#### WHAT YOU NEED TO DO:
Repeat the stretch of entries below from the line with "drive 2 to 5" through the line with "prb: (k % 106)". Include both ends and add nothing.

╭─ EXERCISE INPUTS

//! Tests of the variant that a sweep reports, and of its exit status.
//! Formats: The command line

use ring_base::{Fault, Proc};
use ring_failure::Failure;
use ring_sweep::{Injection, InjectionKind, SweepResult, verdict_status};

/// Of a sweep of 40 events: the number of events before the injection of the first variant that is not legal, its node, its
/// kind, and the line on standard error.
const ILLEGAL: [(u64, u8, InjectionKind, &str); 4] = [
    (16, 2, InjectionKind::Stop, "stop 2 before event 17\n"),
    (16, 2, InjectionKind::Cut, "cut 2 before event 17\n"),
    (39, 3, InjectionKind::Stop, "stop 3 before event 40\n"),
    (40, 3, InjectionKind::Cut, "cut 3 at the end\n"),
];

#[test]
fn the_first_that_is_not_legal_is_named(rt: HostRuntime) {
    for (before, node, injection_kind, line) in ILLEGAL {
        let illegal = Injection {
            before,
            node: Proc::new(node),
            injection_kind,
        };
        let swept = SweepResult {
            events: 40,
            variants: 246,
            illegal: Some(illegal),
        };
        let mut err = Vec::new(rt.alloc());
        let status = verdict_status(&mut err, Ok(swept));
        assert!(rt; status == 1 && err.as_slice() == line.as_bytes(), "{line}");
    }
}

/// All variants are legal, or memory was refused.
#[test]
fn nothing_is_told_but_a_fault(rt: HostRuntime) {
    let legal = SweepResult {
        events: 40,
        variants: 246,
        illegal: None,
    };
    let refused = Failure::Refused(Fault::Memory);
    for (done, status, line) in [
        (Ok(legal), 0, ""),
        (Err(refused), 1, "totem: 11 out of memory\n"),
    ] {
        let mut err = Vec::new(rt.alloc());
        let told = verdict_status(&mut err, done);
        assert!(rt;
            told == status && err.as_slice() == line.as_bytes(),
            "{line}"
        );
    }
}
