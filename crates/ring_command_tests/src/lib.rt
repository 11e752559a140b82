//! Tests of the program's commands that no data can show. What the commands print is shown by the data of `totem_examples`.
//!
//! - Nodes driven by records: each request for memory refused in turn, and three nodes that report what a script prints.
//! - Sweeps: the variant that is named. No known run has a variant that isn't legal, so the tests build such results themselves.
//!
//! Rules: Nodes that records drive 2 to 5
//! Formats: Records; The command line
#![tactic(auto)]

#[cfg(test)]
mod memory;
#[cfg(test)]
mod recorded_node;
#[cfg(test)]
mod records;
#[cfg(test)]
mod script_driver;
#[cfg(test)]
mod served;
#[cfg(test)]
mod three_nodes;
#[cfg(test)]
mod variants;
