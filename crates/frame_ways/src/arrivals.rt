// A frame that is received at a unit, and what tells those of one time apart.
use air_source::Side;
use fh_base::{Bytes, Ticks};

/// What orders the frames that are received at one unit at one time.
#[derive(Clone, Copy, Debug, PartialEq, Eq, PartialOrd, Ord)]
pub struct ArrivalKey {
    /// Whether the document gave the frame. Frames that a unit sent are before these.
    pub injected: bool,
    /// The frame's place in the sent order of its way, or in the document if it was injected.
    pub place: u64,
    /// Which copy of the frame this is, from 0.
    pub copy: u8,
}

/// A frame that is received at a unit.
#[derive(Drop)]
pub struct Arrival {
    /// The unit at which the frame is received.
    pub side: Side,
    /// When it is received, in ticks of 1/1536 ns.
    pub at: Ticks,
    /// Where it is among those of its time and unit.
    pub key: ArrivalKey,
    /// The bytes of the frame.
    pub frame: Bytes,
}
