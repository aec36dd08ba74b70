// The cells that are added and marked.
ghost use Rattle.std.specs.Prelude.{◌≡◌};
ghost use Rattle.bench_units.specs.Cells.{cell_of};

use air_source::{AirCell, Side};
use bfp_codec::Wide;
use fh_base::{Slot, Ticks};

/// Cell k of a unit: PRB after PRB of 106, symbol after symbol of 14, slot after slot of 20 a frame.
pub fn cell(k: u32) -> AirCell
    ensures { result ≡ cell_of k }
{
    AirCell {
        side: Side::Du,
        at: Ticks(0),
        id: 2,
        slot: Slot {
            frame: i64::from(k / 29_680),
            subframe: (k / 2_968 % 10) as u8,
            slot: (k / 1_484 % 2) as u8,
        },
        symbol: (k / 106 % 14) as u8,
        prb: (k % 106) as u16,
        section: 17,
        mask: 0xfff,
        block: Some([Wide { i: 5, q: -7 }; 12]),
    }
}
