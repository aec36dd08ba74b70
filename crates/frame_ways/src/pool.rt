// Memory of frames that landed.
ghost use Rattle.std.specs.Prelude.{◌≡◌, ◌≤◌, length, IfOk, OnOk};
ghost use Rattle.frame_ways.specs.Pool.{no_spare, with_spare, without_spare};

use fh_base::{Bytes, NoMemory};
use std::alloc::Global;
use std::marker::Model;

/// Of how many frames the memory is kept.
const ROOM: usize = 32;

/// Memory of frames that landed, for those that leave next. How much of it there is changes no answer but [`NoMemory`].
///
/// Contracts see the frames that it keeps, and for how many it has room: none at first, and 32 once a frame was made.
#[derive(Drop)]
pub struct FramePool {
    alloc: Global,
    room: usize,
    spare: Vec<Bytes>,
}

impl Model for FramePool {
    ghost use Rattle.frame_ways.specs.Pool.{Pool};

    ghost Value = { Pool };

    ghost use Rattle.frame_ways.specs.Spare.{KeepsRoom, pool_of};

    ghost view = { pool_of };

    ghost invariant = { KeepsRoom };
}

impl FramePool {
    /// No memory yet. This takes none; later growth takes it from `alloc`.
    pub fn new(alloc: Global) -> FramePool
        ensures { result ≡ no_spare }
    {
        FramePool {
            alloc,
            room: 0,
            spare: Vec::new(alloc),
        }
    }

    /// A frame of these bytes, in memory that was given back where there is some. From then on there is room for 32 frames.
    ///
    /// # Errors
    ///
    /// [`NoMemory`] where memory is refused. A frame's memory may be lost then.
    pub fn copy_of(&mut self, bytes: &[u8]) -> Result<Bytes, NoMemory>
        ensures copy { IfOk result (λ b. b ≡ bytes.now) }
        ensures ok { OnOk result (self.new ≡ without_spare self.old) }
        ensures few { length self.new.spare ≤ 32 }
    {
        self.make_room()?;
        let mut copy = match self.spare.pop() {
            Some(spare) => spare,
            None => Bytes::with_capacity(self.alloc, bytes.len())?,
        };
        copy.clear();
        copy.push_all(bytes)?;
        Ok(copy)
    }

    /// Keeps the memory of a frame for another, where there is room for it, and else lets it go. This takes no memory.
    pub fn give_back(&mut self, frame: Bytes)
        ensures kept { self.new ≡ with_spare frame self.old }
        ensures few { length self.new.spare ≤ 32 }
    {
        if self.spare.len() < self.room {
            let _ = self.spare.push(frame);
        }
    }

    /// Takes the memory of the list, where it has none yet.
    fn make_room(&mut self) -> Result<(), NoMemory>
        ensures spare { self.new.spare ≡ self.old.spare }
        ensures ok { OnOk result (self.new.room ≡ 32) }
        ensures few { length self.new.spare ≤ 32 }
    {
        if self.room == 0 {
            self.spare.reserve_exact(ROOM)?;
            self.room = ROOM;
        }
        Ok(())
    }
}
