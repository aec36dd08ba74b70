// The copies of frames, as a document says them.
ghost use Rattle.std.specs.Prelude.{◌≡◌, ℤ, IfOk};
ghost use Rattle.std.specs.Option.{option_copied};
ghost use Rattle.frame_ways.specs.Copies.{transit_of, once_after};
ghost use Rattle.fh_document.specs.declared.config_lines.TheConstants.{MOST_TRANSIT};

use crate::order::line_in_order;
use crate::rows::{Row, line_by, rows_of};
use air_source::Side;
use arrayvec::ArrayVec;
use fh_base::NoMemory;
use fh_document::{Delivery, Document, TrafficClass, Transits};
use std::alloc::Global;
use std::marker::Model;

/// How long frames take on their way where no line speaks of them, in nanoseconds. None where they are lost.
fn transit_of(transits: &Transits, side: Side, class: TrafficClass) -> Option<&i64>
    ensures { option_copied result ≡ transit_of transits.now side class }
{
    match class {
        TrafficClass::M => Some(&transits.m),
        TrafficClass::C | TrafficClass::U => match side {
            Side::Ru => transits.dl.as_ref(),
            Side::Du => transits.ul.as_ref(),
        },
    }
}

/// The one time of a frame of which no line speaks. None where it is lost.
fn once_after(time: Option<&i64>) -> ArrayVec<i64, 8>
    ensures { result.items ≡ once_after (option_copied time.entry) }
{
    match time {
        Some(ns) => {
            let mut times = ArrayVec::new();
            times.push(*ns);
            times
        }
        None => ArrayVec::new(),
    }
}

/// The deliveries of the frames that are sent to a unit. Contracts see them as the document and the unit.
#[derive(Drop)]
pub struct FrameDeliveries<'a> {
    document: &'a Document,
    side: Side,
    /// The lines that speak of frames to the unit. None where all lines are in the order of their frames.
    rows: Option<Vec<Row>>,
}

impl<'a> Model for FrameDeliveries<'a> {
    ghost use Rattle.std.specs.Prelude.{MatchOption};
    ghost use Rattle.std.specs.List.Sorted.{IsNonDecreasingBy};
    ghost use Rattle.fh_document.specs.Delivered.{frame_number};
    ghost use Rattle.frame_ways.specs.Copies.{DeliveriesTo, deliveries_to};
    ghost use Rattle.frame_ways.specs.Rows.{AreRowsOf};

    ghost Value = { DeliveriesTo };

    ghost view = { λ d. deliveries_to d.document.now d.side };

    ghost invariant = { λ d. MatchOption d.rows (IsNonDecreasingBy frame_number d.document.now.deliveries) (λ rows. AreRowsOf d.side d.document.now.deliveries rows.items) };
}

impl<'a> FrameDeliveries<'a> {
    ghost use Rattle.std.specs.Prelude.{All};
    ghost use Rattle.fh_document.specs.DeliverLines.{least_of};
    ghost use Rattle.fh_document.specs.Proper.{AreTransits, IsDelivery, IsFrom};
    ghost use Rattle.frame_ways.specs.Copies.{copies_of, deliveries_to, line_of};

    /// Sorts those of a document's deliver lines that speak of frames to a unit, unless all are in order. `NoMemory` where the memory
    /// for that cannot be had.
    pub fn make(
        alloc: Global,
        document: &'a Document,
        side: Side,
    ) -> Result<FrameDeliveries<'a>, NoMemory>
        ensures { IfOk result (λ d. d ≡ deliveries_to document.entry.now side) }
    {
        let rows = rows_of(alloc, &document.deliveries, side)?;
        Ok(FrameDeliveries {
            document,
            side,
            rows,
        })
    }

    /// The unit that the frames are sent to.
    pub fn side(&self) -> Side
        ensures { result ≡ self.now.side }
    {
        self.side
    }

    /// The times on the way, in nanoseconds, of the copies of the `k`-th frame, counted from 1, of a class that is sent to the unit:
    /// those of the first deliver line that speaks of it, in their order, and none where that line has none, since the frame is
    /// then lost. Where no line speaks of it, it is received once, after the time that the `transit` line of its way, or of delay
    /// measurement, says, and not at all where that line says `lost`.
    pub fn copies(&self, class: TrafficClass, k: u32) -> ArrayVec<i64, 8>
        ensures times { result.items ≡ copies_of self.now.document self.now.side class k }
        ensures within { AreTransits self.now.document.transits → All IsDelivery self.now.document.deliveries
            → All (IsFrom (least_of class) MOST_TRANSIT) result.items }
    {
        match self.line_of(class, k) {
            Some(line) => line.copies.times(),
            None => once_after(transit_of(&self.document.transits, self.side, class)),
        }
    }

    /// The first deliver line that speaks of a frame.
    fn line_of(&self, class: TrafficClass, k: u32) -> Option<&'a Delivery>
        ensures { option_copied result ≡ line_of self.now.document.deliveries self.now.side class k }
    {
        let deliveries = &self.document.deliveries;
        match &self.rows {
            None => line_in_order(deliveries, self.side, class, k),
            Some(rows) => line_by(rows, deliveries, self.side, class, k),
        }
    }
}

╰─

#### EXPECTED OUTPUT:
//! Rules: Nodes that records drive 2 to 5
//! Formats: Records; The command line
#![tactic(auto)]

#[cfg(test)]
mod memory;
#[cfg(test)]
mod recorded_node;
#[cfg(test)]
mod records;
#[cfg(test)]
mod script_driver;
#[cfg(test)]
mod served;
#[cfg(test)]
mod three_nodes;
#[cfg(test)]
mod variants;
filename crates/frame_ways/src/arrivals.rt
// A frame that is received at a unit, and what tells those of one time apart.
use air_source::Side;
use fh_base::{Bytes, Ticks};

/// What orders the frames that are received at one unit at one time.
#[derive(Clone, Copy, Debug, PartialEq, Eq, PartialOrd, Ord)]
pub struct ArrivalKey {
    /// Whether the document gave the frame. Frames that a unit sent are before these.
    pub injected: bool,
    /// The frame's place in the sent order of its way, or in the document if it was injected.
    pub place: u64,
    /// Which copy of the frame this is, from 0.
    pub copy: u8,
}

/// A frame that is received at a unit.
#[derive(Drop)]
pub struct Arrival {
    /// The unit at which the frame is received.
    pub side: Side,
    /// When it is received, in ticks of 1/1536 ns.
    pub at: Ticks,
    /// Where it is among those of its time and unit.
    pub key: ArrivalKey,
    /// The bytes of the frame.
    pub frame: Bytes,
}
repository aec36dd08ba74b70
// The cells that are added and marked.
ghost use Rattle.std.specs.Prelude.{◌≡◌};
ghost use Rattle.bench_units.specs.Cells.{cell_of};

use air_source::{AirCell, Side};
use bfp_codec::Wide;
use fh_base::{Slot, Ticks};

/// Cell k of a unit: PRB after PRB of 106, symbol after symbol of 14, slot after slot of 20 a frame.
pub fn cell(k: u32) -> AirCell
    ensures { result ≡ cell_of k }
{
    AirCell {
        side: Side::Du,
        at: Ticks(0),
        id: 2,
        slot: Slot {
            frame: i64::from(k / 29_680),
            subframe: (k / 2_968 % 10) as u8,
            slot: (k / 1_484 % 2) as u8,
        },
        symbol: (k / 106 % 14) as u8,
        prb: (k % 106) as u16,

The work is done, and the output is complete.